There is no matrix normal distribution in Stan, although you could build it yourself. However, if you want to give the entries in B independent normal distributions, you could just write to_vector(B) ~ normal(...,...) as your prior. You gain nothing using something like B[1,] ~ multi_normal(mu_u,diag_matrix(sigma_u)), because the diagonal matrix implies they are the entries in B are not correlated. Using univariate normals thus would speed up and simplify your model.

You declared log_y as transformed parameter, but you really should declare it as transformed data. If you put a prior on a transformed parameter Stan thinks you might have a change of variable and need to apply a Jacobian correction. But in your case you just transform the data, so the warning should go away when log_y is declared in the transformed data block.

Cheers!
Max

Thank you Max!

My data set y follows the multinomial distribution, but I just require two of three rows in it.
My final goal is that separate observation error in y, and estimates the parameters U ,B and process error sigma. So I want to have a feedback in my model.

My new code as follow,

data{
int<lower=0> y[3,18];
real log_max;
}

parameters{
vector<lower = 0> sigma;
matrix<upper=log_max>[2,18]log_y;
vector<lower = 0> U;
matrix[2,2] B;
}

transformed parameters{

simplex theta;

for (i in 1:18){
theta[i,1]=exp(log_y[1,i])/exp(log_max);
theta[i,2]=exp(log_y[2,i])/exp(log_max);
theta[i,3]=(exp(log_max)-(exp(log_y[1,i])+exp(log_y[2,i])))/exp(log_max);
}

}

model{
for (i in 1:18) {
y[,i] ~ multinomial(theta[i]);
}

for(t in 1:18){
target+= multi_normal_lpdf(log_y[,t] |U+B*log_y[,t-1],diag_matrix(sigma));
}
//parameters
B[1,1]~normal(0,100);
B[2,2]~normal(0,100);
B[1,2]~normal(0,100);
B[2,1]~normal(0,100);

for (i in 1:2){
U[i]~normal(0,100);
}

for(i in 1:2){
sigma[i]~normal(0,10);
}
}

Mathematically, I think it will work. However, when I running it, this error occurred.

• List item

Chain 1: Rejecting initial value: Chain 1: Error evaluating the log probability at the initial value. Chain 1: Exception: validate transformed params: theta[i_0__] is not a valid simplex. sum(theta[i_0__]) = 0.4409792075, but should be 1 (in ‘model5fc4cb65d0d_0219’ at line 15)
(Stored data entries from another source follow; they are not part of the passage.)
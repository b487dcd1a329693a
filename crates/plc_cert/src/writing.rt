// Writing. Each part sends the events of its JSON value to the serializer, so that no value is built
// and a certificate of any length takes the memory of its text alone.
ghost use Rattle.std.specs.Prelude.{◌≡◌, ◌≤◌, length, take, OnOk, IfOk};
ghost use Rattle.plc_cert.specs.Written.{whole, list, members, text};
ghost use Rattle.serde_json.specs.Events.{SendsValue};

use crate::cert::Cert;
use bitflags::Flags;
use plc_base::{LocId, Mask, NoMemory};
use plc_ground::{Node, Tree};
use plc_type::{Env, PtrType};
use serde::{Described, Serialize, Serializer};
use std::alloc::Global;

/// A part of a certificate, as it is written.
trait Sent {
    ghost use Rattle.serde_json.specs.Data.{Data};

    /// The JSON value that a part is.
    ghost json: { Self → Data };

    /// Sends the events of that value.
    fn send<S: Serializer>(&self, out: &mut S) -> Result<(), S::Error>
        ensures { OnOk result (SendsValue (json self.now) (S.written out.old) (S.written out.new)) };
}

/// An array of the items.
fn send_list<T: Sent, S: Serializer>(items: &[T], out: &mut S) -> Result<(), S::Error>
    ensures { OnOk result (SendsValue (list T.json items.now) (S.written out.old) (S.written out.new)) }
{
    out.begin_seq(Some(items.len()))?;
    for item in items {
        item.send(out)?;
    }
    out.end_seq()
}

impl Sent for u16 {
    ghost json = { whole };

    fn send<S: Serializer>(&self, out: &mut S) -> Result<(), S::Error> {
        out.u64(*self as u64)
    }
}

impl Sent for Node {
    ghost use Rattle.plc_cert.specs.Written.{node};

    ghost json = { node };

    fn send<S: Serializer>(&self, out: &mut S) -> Result<(), S::Error> {
        match *self {
            Node::Split(clause) => {
                out.begin_seq(Some(2))?;
                out.u64(0)?;
                out.u64(clause as u64)?;
                out.end_seq()
            }
            Node::Leaf(left, right) => {
                out.begin_seq(Some(3))?;
                out.u64(1)?;
                out.u64(left as u64)?;
                out.u64(right as u64)?;
                out.end_seq()
            }
        }
    }
}

impl Sent for Tree {
    ghost use Rattle.plc_cert.specs.Written.{tree};

    ghost json = { tree };

    fn send<S: Serializer>(&self, out: &mut S) -> Result<(), S::Error> {
        send_list(self.nodes.as_slice(), out)
    }
}

/// The locations in a set, ascending, and how many there are.
fn locations_in(mask: &Mask) -> ([u16; 8], usize)
    ensures value { take result.1 result.0 ≡ members mask.now }
    ensures count { result.1 ≤ length result.0 }
{
    let mut locations = [0; 8];
    let mut count = 0;
    for l in 0..8u16 {
        if mask.has(LocId(l)) {
            locations[count] = l;
            count += 1;
        }
    }
    (locations, count)
}

impl Sent for Mask {
    ghost use Rattle.plc_cert.specs.Written.{mask};

    ghost json = { mask };

    fn send<S: Serializer>(&self, out: &mut S) -> Result<(), S::Error> {
        let (locations, count) = locations_in(self);
        send_list(&locations[..count], out)
    }
}

impl Sent for PtrType {
    ghost use Rattle.plc_cert.specs.Written.{pointer};

    ghost json = { pointer };

    fn send<S: Serializer>(&self, out: &mut S) -> Result<(), S::Error> {
        out.begin_seq(Some(2))?;
        out.u64(self.g.bits() as u64)?;
        self.m.send(out)?;
        out.end_seq()
    }
}

impl Sent for Env {
    ghost use Rattle.plc_cert.specs.Written.{env};

    ghost json = { env };

    fn send<S: Serializer>(&self, out: &mut S) -> Result<(), S::Error> {
        out.begin_seq(Some(2))?;
        self.w.send(out)?;
        send_list(self.locals.as_slice(), out)?;
        out.end_seq()
    }
}

impl Described for Cert {
    ghost use Rattle.plc_cert.specs.Written.{cert};

    ghost writes = { λ c. SendsValue (cert c) };
}

impl Serialize for Cert {
    fn serialize<S: Serializer>(&self, out: &mut S) -> Result<(), S::Error> {
        out.begin_map(Some(3))?;
        out.key("env")?;
        send_list(self.env.as_slice(), out)?;
        out.key("trees")?;
        send_list(self.trees.as_slice(), out)?;
        out.key("version")?;
        out.u64(self.version as u64)?;
        out.end_map()
    }
}

/// The text of a certificate, of any length: compact JSON without a line feed,
/// `{"env":[..],"trees":[..],"version":N}`, N the certificate's own. The types of shared pointers are
/// left out. The one error is that memory runs out.
pub fn write(alloc: Global, cert: &Cert) -> Result<Vec<u8>, NoMemory>
    ensures { IfOk result (λ bytes. bytes.items ≡ text cert.now) }
{
    match serde_json::to_vec(alloc, cert) {
        Ok(bytes) => Ok(bytes),
        Err(_) => Err(NoMemory),
    }
}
I think it was caused by sampling deviation, the sum of random sample could not be 1. I am not sure.
If possible, please tell me what should I do.

sincerely

Hey! Did you already check the users manual? I’d suggest you start simple before adding the auto-regressive term to get a model with only intercepts working.